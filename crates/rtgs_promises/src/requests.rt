//! What a request over HTTP gives, who acts by it, and what its reply tells.
//!
//! "The files of a command" say what a command does to a book: rtgs_book Balance, Books, Choice, Commands, Lookup,
//! Outcome, Queue, Settle, Step, answer.rt, book.rt, command.rt, day.rt, limits.rt, mark.rt, new_day.rt, new_order.rt,
//! order.rt, order_state.rt, participant.rt, phase.rt, posting.rt, refusal.rt, rows.rt; rtgs_lists IntSum; rtgs_money
//! Date, amount.rt, cents.rt, code.rt, credit.rt, date.rt, key_digest.rt, name.rt, posting_amount.rt, reference.rt,
//! text.rt.
ghost use Rattle.std.specs.Prelude.{◌≡◌, List, IfOk, length, IfErr, ◌≢◌, ℕ, Ok, Err, ◌⊎◌};
ghost use Rattle.sqlite.specs.Held.{state};
ghost use Rattle.sqlite.specs.State.{HasCleanDisk};
ghost use Rattle.sqlite.specs.Tree.{Trees};
ghost use Rattle.sqlite_trees.specs.View.{IsClean};
ghost use Rattle.rtgs_book.specs.declared.book.Book.{Book};
ghost use Rattle.rtgs_book.specs.declared.reading.Reading.{Reading};
ghost use Rattle.rtgs_desk.specs.Holding.{Holds};
ghost use Rattle.rtgs_desk.specs.Seen.{Seen};
ghost use Rattle.rtgs_http_server.specs.exchange.Handling.{given};
ghost use Rattle.rtgs_http_server.specs.exchange.Exchange.{Handles, Exchanges, IsAskedByBearer};
ghost use Rattle.rtgs_http_server.specs.reply_laws.Alike.{EndAlike};
ghost use Rattle.rtgs_http_server.specs.reply_laws.Own.{AgreeFor, IsSentBy};
ghost use Rattle.rtgs_http_bodies.specs.replies.Messages.{Message};
ghost use Rattle.rtgs_http_requests.specs.Exchange.{AsksFor};
ghost use Rattle.rtgs_http_requests.specs.Same.{AreTheSame};
ghost use Rattle.rtgs_http_requests.specs.declared.asked.Asked.{Asked};
ghost use Rattle.rtgs_http_requests.specs.declared.http_fault.HttpFault.{HttpFault};
ghost use Rattle.rtgs_ledger.specs.Keys.{code_under};
ghost use Rattle.rtgs_promises.specs.Headline.{AreExactly, LeavesExactly};
ghost use Rattle.rtgs_promises.specs.Keys.{IsServed, AreAllowed};

use crate::desks::tables_are_exactly_the_book;
use crate::serving::serve;
use crate::sessions::{NoSession, Stop};
use crate::stopping::found_again;
use rtgs_desk::Desk;
use rtgs_http_requests::laws::answers_are_determined;
use rtgs_http_server::Served;
use rtgs_http_server::reply_laws::laws::{
    participants_are_shown_their_own_rows, replies_are_determined,
};
use rtgs_keeper::Keeper;
use rtgs_money::KeyDigest;
use rtgs_tables::SqlKeeper;
use sqlite::Alter;
use sqlite_trees::store::Reopen;
use std::alloc::Global;
use std::io::{Read, Write};

/// **Promise 2, the headline of a request.** What is written for a request is the reply that the definitions give to
/// the book and the request's bytes, whole or a beginning of it; the commands that were given are those that these
/// bytes ask for, and the bearer of the key may give them; and the stop that comes then leaves what promise 1 says.
/// Where the reader fails, nothing was done. So it is with whatever a crash leaves where no desk opens again.
// To judge it, read these 195 files: the files of a command; rtgs_promises Headline, Keys, sessions.rt; rtgs_desk
// Holding, Seen, batches.Batches, batches.Sent, Replies, Readings, Queues, Payments, desk.rt; rtgs_http_server
// exchange.Serving, exchange.Exchange, exchange.Handling, input.Input, exchange.ReplyMessages, exchange/served.rt,
// input/reader_failed.rt; rtgs_rows Content, Keeping, Querying, Fitting, Tables, RowLaws, Settling, TableRecords, Dues,
// Rows, forward.rt, numbers.rt, resolution_row.rt, desk_row.rt; rtgs_book Calm, Soundness, cores.Cores, Session, Run,
// Laws, Ranges, Procedure, Judgement, Refusals, Standings, fault.rt, rule.rt, cores/cores.rt, account.rt, reading.rt,
// account_reading.rt, waiting_reading.rt, queue_reading.rt, status.rt, standing.rt, tally.rt, receiver_reading.rt;
// rtgs_keeper Still, keeper.rt; rtgs_sql_columns Blank, Tables, Numbers, OneTable; rtgs_tables Loading, Between,
// sql_keeper.rt; rtgs_http_bodies replies.Messages, desks.Written, replies.Kinds, Refusals, Statuses, Answers,
// replies.Texts, replies.Bodies, Readings, desks.Accounts, desks.Waiting, desks.Queues, desks.Status,
// replies/content_type.rt; rtgs_output Sent, writer_failed.rt; rtgs_records Held, Records, accounts.Accounts,
// queues.Orders, records.rt, accounts/accounts.rt, queues/orders.rt; rtgs_sql_queries Records, Displaying,
// TableQueries; rtgs_sql_loading Accounts, Displaying, Joining; rtgs_http_requests Exchange, Access, Callers, Meaning,
// Steps, Bodies, heads.Targets, feeds.Region, heads.Heads, heads.Fields, heads.Parameters, Faults, heads.Tables,
// Spelling, Contents, OrderBody, asked.rt, http_fault.rt, heads/route.rt, feeds/limits.rt, admitted.rt,
// heads/bank_route.rt, heads/operator_route.rt, heads/limits.rt; rtgs_ledger Keys, Kept, ledger.rt; rtgs_laws
// repeats.Lives, repeats.Lasting, repeats.Batch, repeats.Repeats, repeats.Once; rtgs_money Forms, Amounts, Lexical,
// Digits, Units, lexical.rt, key.rt, units.rt; rtgs_order_files Results, BatchFaults, OrderFile, batch_fault.rt,
// batch_result.rt, columns.rt, limits.rt; rtgs_refusals Table, refusal_kind.rt, exit_status.rt; rtgs_statements Texts,
// Listings, Records, Lines, Sums, Tallies, Columns, line.rt, row.rt, total.rt, sums.rt, kind.rt, party.rt; rtgs_release
// Release, lib.rt.
pub fn serve_and_stop<R: Read, W: Write, S: Alter + Reopen + Drop>(
    alloc: Global,
    desk: Desk<SqlKeeper<S>>,
    reader: &mut R,
    writer: &mut W,
    operator: &KeyDigest,
    stop: Stop,
) -> (Served, Result<Desk<SqlKeeper<S>>, (NoSession, S)>)
    ensures found { IfOk result.1 (λ next. HasCleanDisk (state S.Store next.keeper.conn) → (start : Book)
        → Holds ⟦<SqlKeeper<S> as Keeper>⟧ desk start
        → (found : Book) × Holds ⟦<SqlKeeper<S> as Keeper>⟧ next found
        × LeavesExactly found (state S.Store next.keeper.conn)
        × IsServed ⟦<SqlKeeper<S> as Keeper>⟧ operator.now start (R.remaining reader.old) (W.contents writer.old)
        (W.contents writer.new) result.0 found) }
    ensures lost { IfErr result.1 (λ (_, left). IsClean (S.Store.view left) → (start : Book)
        → Holds ⟦<SqlKeeper<S> as Keeper>⟧ desk start → (trees : Trees) → S.Store.recovers left trees
        → (found : Book) × AreExactly found trees
        × IsServed ⟦<SqlKeeper<S> as Keeper>⟧ operator.now start (R.remaining reader.old) (W.contents writer.old)
        (W.contents writer.new) result.0 found) }
{
    let mut desk = desk;
    let served = serve(alloc, &mut desk, reader, writer, operator);
    match found_again(alloc, desk, stop) {
        Ok(next) => {
            tables_are_exactly_the_book(&next);
            (served, Ok(next))
        }
        Err((cause, left)) => (served, Err((cause, left))),
    }
}

/// **Promise 12. A request has one meaning.** What it asks for and its reply are a function of the book and the
/// request's bytes. Set aside is lack of memory, and for the reply a fault of the store: the status is then 503.
// To judge it, read these 150 files: the files of a command; rtgs_desk Seen, Holding, batches.Batches, batches.Sent,
// Replies, Readings, Queues, Payments; rtgs_http_bodies replies.Messages, desks.Written, replies.Kinds, Refusals,
// Statuses, Answers, replies.Texts, replies.Bodies, Readings, desks.Accounts, desks.Waiting, desks.Queues,
// desks.Status, replies/content_type.rt; rtgs_http_server exchange.Exchange, reply_laws.Alike, exchange.Handling,
// exchange.ReplyMessages; rtgs_http_requests Same, Exchange, Meaning, Callers, Steps, Bodies, heads.Targets, Access,
// feeds.Region, heads.Heads, heads.Parameters, heads.Fields, Faults, heads.Tables, Spelling, Contents, OrderBody,
// http_fault.rt, asked.rt, heads/route.rt, feeds/limits.rt, admitted.rt, heads/bank_route.rt, heads/operator_route.rt,
// heads/limits.rt; rtgs_ledger Keys, Kept; rtgs_keeper Still, keeper.rt; rtgs_book Calm, Session, cores.Cores, Run,
// Soundness, Ranges, Laws, Refusals, Procedure, Standings, cores/cores.rt, fault.rt, account.rt, reading.rt, rule.rt,
// account_reading.rt, waiting_reading.rt, queue_reading.rt, status.rt, standing.rt, tally.rt, receiver_reading.rt;
// rtgs_order_files Results, BatchFaults, OrderFile, batch_fault.rt, batch_result.rt, columns.rt, limits.rt; rtgs_money
// Forms, Lexical, Amounts, Digits, Units, lexical.rt, key.rt, units.rt; rtgs_laws repeats.Lasting, repeats.Batch,
// repeats.Repeats, repeats.Once; rtgs_refusals Table, refusal_kind.rt, exit_status.rt; rtgs_statements Texts, Listings,
// Records, Lines, Sums, Tallies, Columns, line.rt, row.rt, total.rt, sums.rt, kind.rt, party.rt; rtgs_release Release,
// lib.rt.
pub fn a_book_and_an_input_have_one_reply<K: Keeper>()
    ensures asked { (operator input : List ℕ) (old : Book) (one other : Seen K) (sent again : Message)
        (first : Handles K.Keeper operator old input one sent)
        (second : Handles K.Keeper operator old input other again)
        → first.answer ≢ Err HttpFault.OutOfMemory → second.answer ≢ Err HttpFault.OutOfMemory
        → AreTheSame first.answer second.answer }
    ensures replied { (operator input : List ℕ) (old : Book) (one other : Seen K) (sent again : Message)
        → Handles K.Keeper operator old input one sent → Handles K.Keeper operator old input other again
        → sent.status ≢ 503 → again.status ≢ 503 → EndAlike K.Keeper one other sent again }
{
    answers_are_determined();
    replies_are_determined::<K>();
}

/// **Promise 13. Nobody acts but with his own key.** The commands of a request are those of the operator's key, or
/// orders and withdrawals of the participant whose key the input carries. Whatever a desk holds, a request changes it
/// only where it asks for what the bearer of its key may ask.
// To judge it, read these 151 files: the files of a command; rtgs_promises Keys; rtgs_desk Seen, batches.Batches,
// Holding, batches.Sent, Replies, Readings, Queues, Payments; rtgs_http_bodies replies.Messages, desks.Written,
// Refusals, replies.Kinds, Statuses, Answers, replies.Texts, replies.Bodies, Readings, desks.Accounts, desks.Waiting,
// desks.Queues, desks.Status, replies/content_type.rt; rtgs_http_server exchange.Exchange, exchange.Handling,
// exchange.ReplyMessages; rtgs_http_requests Access, Exchange, feeds.Region, heads.Heads, heads.Fields, Callers,
// Meaning, Steps, Bodies, heads.Targets, heads.Parameters, Faults, Plans, heads.Tables, Spelling, Contents, OrderBody,
// asked.rt, http_fault.rt, heads/route.rt, feeds/limits.rt, admitted.rt, heads/limits.rt, heads/bank_route.rt,
// heads/operator_route.rt; rtgs_ledger Keys, Kept; rtgs_keeper Still, keeper.rt; rtgs_book Calm, cores.Following,
// Session, cores.Cores, Refusals, Run, Soundness, Ranges, Laws, Procedure, Standings, cores/cores.rt, fault.rt,
// account.rt, reading.rt, rule.rt, account_reading.rt, waiting_reading.rt, queue_reading.rt, status.rt, standing.rt,
// tally.rt, receiver_reading.rt; rtgs_money Forms, Lexical, Amounts, Digits, Units, lexical.rt, key.rt, units.rt;
// rtgs_order_files Results, BatchFaults, OrderFile, batch_fault.rt, batch_result.rt, columns.rt, limits.rt; rtgs_laws
// repeats.Lasting, repeats.Batch, repeats.Repeats, repeats.Once; rtgs_refusals Table, refusal_kind.rt, exit_status.rt;
// rtgs_statements Texts, Listings, Records, Lines, Sums, Tallies, Columns, line.rt, row.rt, total.rt, sums.rt, kind.rt,
// party.rt; rtgs_release Release, lib.rt.
pub fn nobody_acts_with_the_key_of_another<K: Keeper>()
    ensures commands { (operator input : List ℕ) (book : Book) (desk : Seen K) (sent : Message)
        (request : Handles K.Keeper operator book input desk sent)
        → AreAllowed operator book input (given request.answer (length request.works.0)) }
    ensures changes { (operator input : List ℕ) (old new : Seen K) (sent : Message)
        → Exchanges K.Keeper operator old input new sent
        → (new ≡ old) ⊎ IsAskedByBearer operator old input }
{}

/// **Promise 13. And nobody reads the rows of others.** Two books that agree in a participant's own rows give the same
/// reply to each reading that carries its key. Set aside are replies with the status 503.
// To judge it, read these 149 files: the files of a command; rtgs_desk Seen, Holding, batches.Batches, batches.Sent,
// Replies, Readings, Queues, Payments; rtgs_http_bodies replies.Messages, desks.Written, replies.Kinds, Refusals,
// Statuses, Answers, replies.Texts, replies.Bodies, Readings, desks.Accounts, desks.Waiting, desks.Queues,
// desks.Status, replies/content_type.rt; rtgs_http_server reply_laws.Own, exchange.Exchange, exchange.Handling,
// exchange.ReplyMessages; rtgs_http_requests Exchange, Access, Callers, Meaning, Steps, Bodies, heads.Targets,
// feeds.Region, heads.Heads, heads.Fields, heads.Parameters, heads.Tables, Spelling, Faults, Contents, OrderBody,
// asked.rt, http_fault.rt, heads/route.rt, feeds/limits.rt, admitted.rt, heads/bank_route.rt, heads/operator_route.rt,
// heads/limits.rt; rtgs_ledger Keys, Kept; rtgs_keeper Still, keeper.rt; rtgs_money Forms, Lexical, Amounts, Digits,
// Units, lexical.rt, key.rt, units.rt; rtgs_order_files Results, OrderFile, BatchFaults, batch_fault.rt,
// batch_result.rt, columns.rt, limits.rt; rtgs_book Calm, Session, Run, cores.Cores, Laws, Refusals, Soundness, Ranges,
// Procedure, Standings, reading.rt, cores/cores.rt, fault.rt, account.rt, rule.rt, account_reading.rt,
// waiting_reading.rt, queue_reading.rt, status.rt, standing.rt, tally.rt, receiver_reading.rt; rtgs_laws
// repeats.Lasting, repeats.Batch, repeats.Repeats, repeats.Once; rtgs_refusals Table, refusal_kind.rt, exit_status.rt;
// rtgs_statements Texts, Listings, Records, Lines, Sums, Tallies, Columns, line.rt, row.rt, total.rt, sums.rt, kind.rt,
// party.rt; rtgs_release Release, lib.rt.
pub fn nobody_reads_the_rows_of_others<K: Keeper>()
    ensures { (operator input code : List ℕ) (one other : Book) (first second : Seen K) (sent again : Message)
        (reading : Reading) → AgreeFor code one other
        → IsSentBy operator one code input → IsSentBy operator other code input
        → AsksFor operator (code_under one) input (Ok (Asked.Read reading))
        → Handles K.Keeper operator one input first sent → Handles K.Keeper operator other input second again
        → sent.status ≢ 503 → again.status ≢ 503 → again ≡ sent }
{
    participants_are_shown_their_own_rows::<K>();
}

####

— Work instructions —
Print only the lines from the top of the data above down to the line holding "use rtgs_http_server::Served;", inclusive.

— Output for this task —
filename crates/rtgs_promises/src/requests.rt
//! What a request over HTTP gives, who acts by it, and what its reply tells.
//!
//! "The files of a command" say what a command does to a book: rtgs_book Balance, Books, Choice, Commands, Lookup,
//! Outcome, Queue, Settle, Step, answer.rt, book.rt, command.rt, day.rt, limits.rt, mark.rt, new_day.rt, new_order.rt,
//! order.rt, order_state.rt, participant.rt, phase.rt, posting.rt, refusal.rt, rows.rt; rtgs_lists IntSum; rtgs_money
//! Date, amount.rt, cents.rt, code.rt, credit.rt, date.rt, key_digest.rt, name.rt, posting_amount.rt, reference.rt,
//! text.rt.
ghost use Rattle.std.specs.Prelude.{◌≡◌, List, IfOk, length, IfErr, ◌≢◌, ℕ, Ok, Err, ◌⊎◌};
ghost use Rattle.sqlite.specs.Held.{state};
ghost use Rattle.sqlite.specs.State.{HasCleanDisk};
ghost use Rattle.sqlite.specs.Tree.{Trees};
ghost use Rattle.sqlite_trees.specs.View.{IsClean};
ghost use Rattle.rtgs_book.specs.declared.book.Book.{Book};
ghost use Rattle.rtgs_book.specs.declared.reading.Reading.{Reading};
ghost use Rattle.rtgs_desk.specs.Holding.{Holds};
ghost use Rattle.rtgs_desk.specs.Seen.{Seen};
ghost use Rattle.rtgs_http_server.specs.exchange.Handling.{given};
ghost use Rattle.rtgs_http_server.specs.exchange.Exchange.{Handles, Exchanges, IsAskedByBearer};
ghost use Rattle.rtgs_http_server.specs.reply_laws.Alike.{EndAlike};
ghost use Rattle.rtgs_http_server.specs.reply_laws.Own.{AgreeFor, IsSentBy};
ghost use Rattle.rtgs_http_bodies.specs.replies.Messages.{Message};
ghost use Rattle.rtgs_http_requests.specs.Exchange.{AsksFor};
ghost use Rattle.rtgs_http_requests.specs.Same.{AreTheSame};
ghost use Rattle.rtgs_http_requests.specs.declared.asked.Asked.{Asked};
ghost use Rattle.rtgs_http_requests.specs.declared.http_fault.HttpFault.{HttpFault};
ghost use Rattle.rtgs_ledger.specs.Keys.{code_under};
ghost use Rattle.rtgs_promises.specs.Headline.{AreExactly, LeavesExactly};
ghost use Rattle.rtgs_promises.specs.Keys.{IsServed, AreAllowed};

use crate::desks::tables_are_exactly_the_book;
use crate::serving::serve;
use crate::sessions::{NoSession, Stop};
use crate::stopping::found_again;
use rtgs_desk::Desk;
use rtgs_http_requests::laws::answers_are_determined;
use rtgs_http_server::Served;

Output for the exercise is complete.